Achiam and Marandino focus on the 'exhibition' as a chief museum activity, but with a twist. Rather than adopting the traditional strategy of exploring the exhibition as a finished product, analysed and assessed in its effectiveness and reception, they seek a framework that discusses the process of putting together the exhibition as a conceptual and performative act. In other words, the accent is put not on the exhibition as a product, but rather as a process.
A process that, according to the authors, is far more complex, layered, and politically ambiguous than one would think. They note the 'diversity of the agents that are involved in the occasionally disorganised and sometimes opportunistic process of exhibition development'; additionally, being the creation of an exhibition a performative process, 'the science that goes into an exhibition undergoes a transformation process as it is appropriated from its origin, adapted to a museum context, and embodied in an exhibition'. Essentially, the exhibition is a medium - and, therefore, in its perfomativity it carries a message embedded and independent of its content. This morphing of the knowledge material through the exhibition medium is necessary and unavoidable: taking the cue from education studies, Achiam and Marandino argue that the transposition of knowledge from its disciplines to the local setting of delivery (such as th exhibition) is needed in order to make the material 'teachable'.
The question is, what are the agent that have a 'hand', so to speak, in such a process? In the context of the museum, they adopt a diagram that shows, in a vertical hierarchy, the chief agencies that either internally or externally, have a say in the form that knowledge takes within an exhibition. These go from rather wide external forces such as 'civilisation' and 'pedagogy' to others that are narrower in scope and internal to the museum, such as the 'cluster', the 'exhibit' and the 'task' that is performed within. Collectively, and negotiating agency from above and from below, these 'levels of didactic co-determination' essentially decide the form that knowledge will take within an exhibition.

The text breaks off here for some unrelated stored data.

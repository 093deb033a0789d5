// The log: commits are queued as their bytes, and then written as one frame.
ghost use Rattle.std.specs.Prelude.{◌≡◌, ◌≤◌, ◌+◌, ◌-◌, ℕ, List, [], ◌∷◌, ◌++◌, length, take, Some, None, IsSome, IsOk, IsErr, OnOk, OnErr};
ghost use Rattle.aq_disk.specs.Causes.{HasCause};
ghost use Rattle.aq_disk.specs.Disk.{EachImage, KeepsEarlier};
ghost use Rattle.queue_rows.specs.declared.change.Commit.{Commit};
ghost use Rattle.queue_rows.specs.declared.tables.Tables.{Tables};
ghost use Rattle.redo_records.specs.Spelling.{encode};
ghost use Rattle.history_laws.specs.Made.{after_commits};
ghost use Rattle.crash_laws.specs.Crash.{Recovers, RecoversEither};
ghost use Rattle.commit_log.specs.Logged.{AreLoggable, Logs};

use crate::laws::log_recovers;
use aq_disk::Disk;
use database_recovery::{append_recovers, bodies_join, commit_leads_on};
use payload_records::List;
use queue_rows::Change;
use redo_journal::{Journal, JournalFault};
use redo_records::encode_into;
use std::alloc::{AllocError, Global};
use std::marker::Model;

/// The journal of a database's commits, in the version that is written. Contracts see what they see of the journal.
#[derive(Drop)]
pub struct CommitLog<D: Disk> {
    pub(crate) journal: Journal<D>,
    // The bytes of the commit that was queued last; its memory is used again for the next one.
    pub(crate) spelled: Vec<u8>,
}

impl<D: Disk> Model for CommitLog<D> {
    ghost use Rattle.redo_journal.specs.Journaled.{Journaled};

    ghost Value = { Journaled D };

    ghost view = { λ log. log.journal };
}

impl<D: Disk> CommitLog<D> {
    // The log that a journal of the written version is.
    pub(crate) fn of(alloc: Global, journal: Journal<D>) -> CommitLog<D>
        ensures { result ≡ journal }
    {
        CommitLog {
            journal,
            spelled: Vec::new(alloc),
        }
    }

    /// The disk that the log stands on.
    pub fn disk(&self) -> &D
        ensures { result.now ≡ self.now.disk }
    {
        self.journal.disk()
    }

    /// The disk, given back.
    pub fn into_disk(self) -> D
        ensures { result ≡ self.disk }
    {
        self.journal.into_disk()
    }

    /// How many calls were made on the disk.
    pub fn calls(&self) -> u64
        ensures { result ≡ D.calls self.now.disk }
    {
        self.journal.disk().calls()
    }

    /// How many frames the journal has.
    pub fn count(&self) -> u64
        ensures { result ≡ self.now.count }
    {
        self.journal.count()
    }

    /// The number of the failing call of the first append that failed.
    pub fn failed_at(&self) -> Option<u64>
        ensures { result ≡ self.now.failed_at }
    {
        self.journal.failed_at()
    }

    /// Queues the commit of these changes at that moment as its bytes, and takes all memory that writing it will need. At want of memory
    /// the log is as before; there is none for a commit with a name that is too long to be one.
    pub fn prepare(&mut self, moment: u64, changes: &List<Change>) -> Result<(), AllocError>
        ensures ok { OnOk result (self.new ≡ record self.old {
          queued = self.old.queued ++ encode (record { moment = moment; changes = changes.now }) ∷ [];
        }) }
        ensures logs { OnOk result ((opening : Tables) (commits : List Commit) (k : ℕ)
            → Logs D.seen D.is_image D.calls opening commits k self.old
            → Logs D.seen D.is_image D.calls opening
            (commits ++ (record { moment = moment; changes = changes.now }) ∷ []) k self.new) }
        ensures err { OnErr result (self.new ≡ self.old) }
    {
        commit_leads_on();
        encode_into(&mut self.spelled, moment, changes)?;
        self.journal.prepare(&self.spelled)
    }

    /// Takes the commit that was queued last back. It takes no memory.
    pub fn withdraw(&mut self)
        requires { 1 ≤ length self.old.queued }
        ensures { self.new ≡ record self.old { queued = take (length self.old.queued - 1) self.old.queued } }
    {
        self.journal.withdraw();
    }

    /// Writes all queued commits as one frame. At `Ok` each crash leaves them. It takes no memory, and after a fault it makes no call on
    /// the disk.
    pub fn append(&mut self) -> Result<(), JournalFault>
        ensures logs { OnOk result ((opening : Tables) (commits : List Commit) (k : ℕ)
            → Logs D.seen D.is_image D.calls opening commits k self.old
            → Logs D.seen D.is_image D.calls opening commits (length commits) self.new) }
        ensures queued { OnOk result (self.new.queued ≡ []) }
        ensures fine { OnOk result (self.new.failed_at ≡ None) }

        // Where nothing is queued no call is made on the disk.
        ensures nothing { self.old.failed_at ≡ None → self.old.queued ≡ []
            → IsOk result × (self.new ≡ self.old) }

        // A crash at any moment leaves the commits that were on the disk before, or all.
        ensures crash { (opening : Tables) (commits : List Commit) (k : ℕ)
            → Logs D.seen D.is_image D.calls opening commits k self.old → AreLoggable opening commits
            → EachImage (D.calls self.old.disk) (D.calls self.new.disk) (D.is_image self.new.disk)
            (RecoversEither (after_commits opening (take k commits)) (after_commits opening commits)) }

        // Behind Ok it leaves all.
        ensures behind { OnOk result ((opening : Tables) (commits : List Commit) (k : ℕ)
            → Logs D.seen D.is_image D.calls opening commits k self.old → AreLoggable opening commits
            → EachImage (D.calls self.new.disk) (D.calls self.new.disk) (D.is_image self.new.disk)
            (Recovers (after_commits opening commits))) }
        ensures earlier { KeepsEarlier (D.calls self.old.disk) (D.is_image self.old.disk)
            (D.is_image self.new.disk) }
        ensures later { D.calls self.old.disk ≤ D.calls self.new.disk }
        ensures number { D.calls self.new.disk ≤ D.calls self.old.disk + 4 }
        ensures cause { self.old.failed_at ≡ None
            → HasCause (D.faults self.old.disk) (D.faults self.new.disk) result }

        // The first failure is the call at which it came, and from then on nothing is done.
        ensures failed { OnErr result (self.old.failed_at ≡ None → self.new ≡ record self.old {
          disk = self.new.disk;
          failed_at = Some (D.calls self.new.disk);
        }) }
        ensures stays_failed { IsSome self.old.failed_at → IsErr result × (self.new ≡ self.old) }
    {
        bodies_join();
        append_recovers();
        log_recovers::<D>();
        self.journal.append()
    }
}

The two authors, right at the outset, are very precise in defining their scope: within the article, by 'museum' the strictly mean 'science centres, natural history museums, zoos and aquaria', essentially confining their insights within a science education context. What strikes me, on the other hand, is that the very same levels of determination can and should be applied to the construction an art exhibit, be it historical or contemporary, albeit with a host of idiosyncratic issues.
The 'higher' four, more external and wider levels of civilisation, society, museum and pedagogy I would see as universals of any kind of educational enterprise, and are not difficult to see as key determinants in the creation of an art exhibit.
Things get, I would say, more complicated once we move into the internal levels of determination - exhibition, cluster, exhibit and task. These four entities are well defined in the context of a science exhibition, far less in the context of an art one: should each art work, each room, each group of rooms be considered an 'exhibit', a basic material unit the same way that a specimen or a science toy is? Can we really consider 'tasks' as a meaningful level of didactic co-determination, even if in art exhibitions usually all that's afforded the visitor is label reading? perhaps an audio tour is a task as well, even though it's likely to spawn the whole exhibition, which is to say multiple clusters and exhibits... The way in which these parts are conceptualised as agencies is likely to have an impact on the exhibition's overall structure and reception. One example: if, in a science exhibit, I play with and read about a device that generates static electricity, I have directly confronted an understandable chunk of scientific knowledge: actions that generate static electricity. Is it the same with a painting? have I learnt any chunk of art historical knowledge if I looked at a single painting? or, in an art context, is the collectivity of the exhibition experience that makes an identifiable increase to my knowledge of the discipline?
These ambiguities are, perhaps, symptoms of the difficulty that art, as a body of knowledge, has in 'sectioning itself' in discrete chunks of data, perhaps due to the lack of the strong organising force that 'tasks' bring into a science exhibit (where, widely generalising, one apparatus shows a specific set of phenomena or characteristics once the task upon it is completed). It is an interesting problem, that deserves more thought.
So far, what is clear to me is that Achiam and Marandino's insights into the agencies that shape science exhibitions can be translated into an art exhibition context on a macro-level only. At the micro-level of the inner workings of the respective museums, irreconciliable differences in the ways that knowledge is performed and absorbed by visitors in the two different contexts; and the radical difference in intercohesion between 'items' or 'exhibits' that art objects and science exhibits display, make a perfect coincidence impossible.
All quotes from:
Achiam, Marianne, and Martha Marandino. "A framework for understanding the conditions of science representation and dissemination in museums." Museum Management and Curatorship 29.1 (2014): 66-82.